Three patients experienced anaphylaxis and oral allergy symptom (OAS) within 30 minutes after ingestion of boiled yam. All of them had a comorbidity of mugwort pollinosis. The detailed clinical data was summarized in Table 1. Considering of anaphylactic history, we did not preform skin prick test and double blind placebo control oral challenge test.
Table 1

Patients' information

Patients' No.SexAge (yr)Episodes of OASEpisodes of anaphylaxisInterval* (min)Symptoms of anaphylaxis
1Male190330Generalized urticaria, chest tightness, dyspnea, hypotension, and collapse
2Male53Several timesSeveral times10Tongue and laryngeal edema, itchy eyes and palms, labored breath
3Male430115–20Similar to patient 1

OAS, oral allergy symptom.

*Interval: time from ingestion of boiled yam to the onset of allergic reaction.

OAS, oral allergy symptom. *Interval: time from ingestion of boiled yam to the onset of allergic reaction. Basophil activation test was analyzed by the Flow CAST kit (BÜHLMANN, Schönenbuch, Switzerland). After signed an informed consent, 2-mL ethylenediaminetetraacetic acid anticoagulated peripheral blood and 2-mL sera were collected from 3 patients and 3 nonatopic adults. D. opposite (yam) was peeled, then boiled for 30 minutes and mashed, prepared in distilled water (1: 10 w/v) and collected the supernatant. According to the manufacture's protocol, after coincubation with whole peripheral blood and boiled yam extract (0.25, 0.50, and 0.75 mg/mL), CD63 expression on the surface of activated basophil was determined by flow cytometry. For food allergen, activation percentage ≥15% was defined as positive.
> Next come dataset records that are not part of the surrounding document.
//! Numbers that size a load: the greatest budget of each server, the demand of its sources, and within how many ticks
//! their jobs are finished.
#![tactic(auto)]

mod asked;
mod budgets;
mod divisor;
mod lateness;
mod recoveries;
mod server_load;
mod shares;

pub use asked::Asked;
pub use budgets::{greatest_budget_at, greatest_budgets};
pub use divisor::greatest_common_divisor;
pub use lateness::greatest_delay;
pub use recoveries::recovery;
pub use server_load::{ServerLoad, least_within, promised_at_best, proposal_for, server_loads};
pub use shares::{is_within, left_over};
In patients 1, 2, and 3, 63.24%, 75.64%, and 24.07% of basophil were detected as activation (shown in Fig. 1A), whereas the controls' sera showed negative activation of basophil (<2%).
Fig. 1

(A) Basophil activation test. The rate of active basophil expressing CD63 in patients 1, 2, and 3 was 63.24%, 75.64%, and 24.07%. P1, 2, and 3: patient 1, 2 and 3. (B) Separation on 4%–12% sodium dodecyl sulfate-polyacrylamide gel electrophoresis and analysis of immunoblot. Lane 1 was protein marker. With Coomassie brilliant blue stain, more than 11 bands were observed in the total extract of boiled yam (lane 2). Immunoblot with sera from patients 1, 2, and 3 (lanes 3, 4, and 5) detected a 30-kDa IgE binding band. A 17-kDa protein was recognized by patient 3 (lane 5).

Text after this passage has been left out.